Les conditions aérodynamiques sont telles qu’une onde de choc est créée devant le nez de l’engin. La pression derrière ce front de choc est jusqu’à mille fois la pression de l’atmosphère environnante et la température peut atteindre plusieurs dizaines de milliers de kelvins. Dans cette ambiance, la paroi du véhicule est soumise à des densités de flux de plusieurs mégawatts par mètre carré. Cette paroi, en fait un bouclier de protection thermique, se doit de résister jusqu’à ce que, conséquence des forces de traînée, l’atmosphère se densifiant lors de la descente, l’engin soit suffisamment ralenti. La clef de la réussite de la mission tient dans le bon dimensionnement du bouclier thermique. Une fois le flux incident devenu assez faible, les parachutes de descente peuvent être ouverts en vue de l’atterrissage. Ces conditions de très haute enthalpie, tout engin spatial pénétrant une atmosphère planétaire les subit plus ou moins rudement en fonction de sa vitesse initiale, de sa masse et de la composition de l’atmosphère abordée. Les sondes Viking et Pathfinder les ont subis pour explorer Mars et son atmosphère de dioxyde de carbone et d’azote, comme le fera Exomars dans quelques temps. La sonde atmosphérique de Galileo a enduré les conditions les plus extrêmes au contact de l’hydrogène et de l’hélium de Jupiter avant de sombrer dans les couches denses de la planète. Enfin, les vaisseaux Apollo de retour de la Lune, les nombreux vaisseaux Soyouz et les navettes spatiales ont permis, malgré les flux rencontrés, de ramener des hommes de l’espace vers la Terre. L’étude des matériaux composant le bouclier thermique et de la structure de celui-ci est bien évidemment fondamentale. Une défaillance du bouclier de la navette spatiale Columbia en 2003 conduit à sa désintégration. La connaissance des conditions aérothermodynamiques régnant entre l’onde de choc et la paroi du véhicule est tout aussi importante afin de pouvoir anticiper les flux incidents. Une telle connaissance permettra d’optimiser la masse du bouclier de protection thermique et autorisera ainsi à des véhicules plus lourds et plus rapides de pénétrer les atmosphères planétaires avec succès.

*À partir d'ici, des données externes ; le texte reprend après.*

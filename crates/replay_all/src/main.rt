// Replays lists of inputs with the answers of the original Rust, or of `compare` for writing, which the original has not, and prints for each list
// how many cases agreed.
//
// The lists stand in data/ under the names of their kinds, and were made by
// compare --emit sheets --seed 1 --count 200
// compare --emit labels --seed 1 --count 400
// compare --emit accepts --seed 1 --count 400
// compare --emit text --seed 1 --count 400
// compare --emit ranges --seed 1 --count 400
// compare --emit closures --seed 1 --count 400
// compare --emit determinize --seed 1 --count 200
// compare --emit product --seed 1 --count 200
// compare --emit totalize --seed 1 --count 200
// compare --emit complement --seed 1 --count 200
// compare --emit epsilon_eliminate --seed 1 --count 200
// compare --emit is_nfa --seed 1 --count 200
// compare --emit nonempty --seed 1 --count 200
// compare --emit is_equivalent --seed 1 --count 200
// compare --emit is_subautomaton --seed 1 --count 200
// compare --emit parse --seed 1 --count 200
// compare --emit write --seed 1 --count 200
// compare --emit equality --seed 1 --count 200
#![tactic(auto)]

ghost use Rattle.std.specs.Prelude.{◌≡◌, ◌<◌};
ghost use Rattle.io.specs.Counts.{IsPrefixLen};
ghost use Rattle.replay.specs.Counting.{Bounded};
ghost use Rattle.replay_all.specs.Agreement.{Agrees, Counted, Turned};

use replay::Tally;
use std::fs;
use std::io::Read;
use std::rt::Files;

mod acceptance;
mod closures;
mod inputs;
mod operations;
mod questions;
mod symbols;
mod texts;
mod verdicts;

// Standard output.
const STDOUT: i32 = 1;

#[derive(Clone, Copy)]
enum ListKind {
    Sheets,
    Labels,
    Accepts,
    Text,
    Ranges,
    Closures,
    Determinize,
    Product,
    Totalize,
    Complement,
    EpsilonEliminate,
    IsNfa,
    Nonempty,
    IsEquivalent,
    IsSubautomaton,
    Parse,
    Write,
    Equality,
}

// Whether the answer in a case is the one that the port gives.
fn agrees(kind: ListKind, case: &[u32]) -> bool
    ensures { Agrees kind case.now result }
{
    match kind {
        ListKind::Sheets => inputs::sheet(case),
        ListKind::Labels => inputs::label_list(case),
        ListKind::Accepts => acceptance::word(case),
        ListKind::Text => acceptance::text(case),
        ListKind::Ranges => symbols::ranges_of(case),
        ListKind::Closures => closures::of_sheet(case),
        ListKind::Determinize => operations::determinized(case),
        ListKind::Product => operations::intersected(case),
        ListKind::Totalize => operations::totalized(case),
        ListKind::Complement => operations::complemented(case),
        ListKind::EpsilonEliminate => operations::epsilon_eliminated(case),
        ListKind::IsNfa => questions::nfa(case),
        ListKind::Nonempty => questions::nonempty(case),
        ListKind::IsEquivalent => questions::equivalent(case),
        ListKind::IsSubautomaton => questions::subautomaton(case),
        ListKind::Parse => operations::parsed(case),
        ListKind::Write => texts::written(case),
        ListKind::Equality => verdicts::compared(case),
    }
}

// Replays the next case. One that can't be read has no numbers, and its place stays.
#[tactic(auto, using(crate::proofs::Cases::turn_laws))]
fn turn(kind: ListKind, text: &[u8], t: Tally) -> Tally
    requires { (0 < t.left) × Bounded t }
    ensures bounded { Bounded result }
    ensures turned { Turned kind text.now t result }
{
    let mut case = [0u32; 4096];
    let at = t.at;
    match replay::read_case(text, at, &mut case) {
        Some(read) => t.counted(read.to, agrees(kind, &case[..read.count])),
        None => t.counted(at, agrees(kind, &[])),
    }
}

// Replays as many cases as the list announces.
fn replay_list(kind: ListKind, text: &[u8]) -> Tally
    ensures { Counted kind text.now result × (result.left ≡ 0) }
{
    let mut t = Tally::begin(text);
    while 0 < t.left {
        t = turn(kind, text, t);
    }
    t
}

// Prints how many cases agreed and how many differed.
fn print_counts(t: Tally) {
    io::write_all(STDOUT, b"agreed ");
    io::print_decimal(STDOUT, t.agreed);
    io::write_all(STDOUT, b", differed ");
    io::print_decimal(STDOUT, t.differed);
    io::write_all(STDOUT, b"\n");
}

// Reads a file into the room for its bytes, until the room is full or the file ends; answers how many bytes stand there. A read that fails counts as
// the end.
fn read_text(file: &mut impl Read, text: &mut [u8]) -> usize
    ensures { IsPrefixLen result text.new }
{
    let mut got = 0;
    while got < text.len() {
        match file.read(&mut text[got..]) {
            Ok(n) => {
                if n == 0 {
                    return got;
                }
                got += n;
            }
            Err(_) => {
                return got;
            }
        }
    }
    got
}

// Replays the list in a file, and prints its name and the counts. Of a file that can't be opened it prints the name and the reason to standard error.
fn replay_file(rt: &(impl Files + Eprint), kind: ListKind, name: &str) {
    let mut text = io::large_buffer();
    let got = match fs::open(rt, name) {
        Ok(mut file) => read_text(&mut file, &mut text),
        Err(error) => {
            let _ = eprintln!(rt; "{name}: {error}");
            return;
        }
    };
    let t = replay_list(kind, &text[..got]);
    io::write_all(STDOUT, name.as_bytes());
    io::write_all(STDOUT, b": ");
    print_counts(t);
}

fn main(rt: HostRuntime) {
    replay_file(&rt, ListKind::Sheets, "sheets");
    replay_file(&rt, ListKind::Labels, "labels");
    replay_file(&rt, ListKind::Accepts, "accepts");
    replay_file(&rt, ListKind::Text, "text");
    replay_file(&rt, ListKind::Ranges, "ranges");
    replay_file(&rt, ListKind::Closures, "closures");
    replay_file(&rt, ListKind::Determinize, "determinize");
    replay_file(&rt, ListKind::Product, "product");
    replay_file(&rt, ListKind::Totalize, "totalize");
    replay_file(&rt, ListKind::Complement, "complement");
    replay_file(&rt, ListKind::EpsilonEliminate, "epsilon_eliminate");
    replay_file(&rt, ListKind::IsNfa, "is_nfa");
    replay_file(&rt, ListKind::Nonempty, "nonempty");
    replay_file(&rt, ListKind::IsEquivalent, "is_equivalent");
    replay_file(&rt, ListKind::IsSubautomaton, "is_subautomaton");
    replay_file(&rt, ListKind::Parse, "parse");
    replay_file(&rt, ListKind::Write, "write");
    replay_file(&rt, ListKind::Equality, "equality");
}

L’étude du plasma en contact avec le bouclier thermique d’une sonde spatiale et son interaction avec le matériau constituant ce bouclier fait appel à un grand nombre de disciplines scientifiques. Citons-en quelques unes des plus évidentes : thermodynamique hors d’équilibre et physique statistique, cinétique chimique, physique des matériaux, physique des plasmas, rayonnement thermique et non thermique, mécanique des fluides compressibles. Cette multidisciplinarité justifie la formation d’une communauté de chercheurs travaillant ensemble sur les différents aspects de cette question. L’étude in situ de tels milieux étant difficiles, leur reproduction expérimentale sur Terre et le diagnostic des écoulements recréés fait encore appel à de nouvelles disciplines comme l’optique et la physique des interactions laser-matière. La complexité propre aux phénomènes survenant dans une couche de choc et l’interaction physique entre ces phénomènes amènent le modélisateur à faire des choix dans sa reconstruction des processus physico-chimiques. Dans ses choix, il est confronté à des données physiques mal ou non déterminées expérimentalement et il doit faire appel à la physique atomique et moléculaire pour les calculer ab initio. Enfin, la géométrie des engins n’étant évidemment pas neutre, les problèmes posés sont spatialement au moins à deux dimensions et souvent à trois dimensions. La simulation numérique doit alors impérativement se tourner vers les mathématiques appliquées pour résoudre les équations de l’écoulement et cartographier efficacement les gradients de la couche de choc.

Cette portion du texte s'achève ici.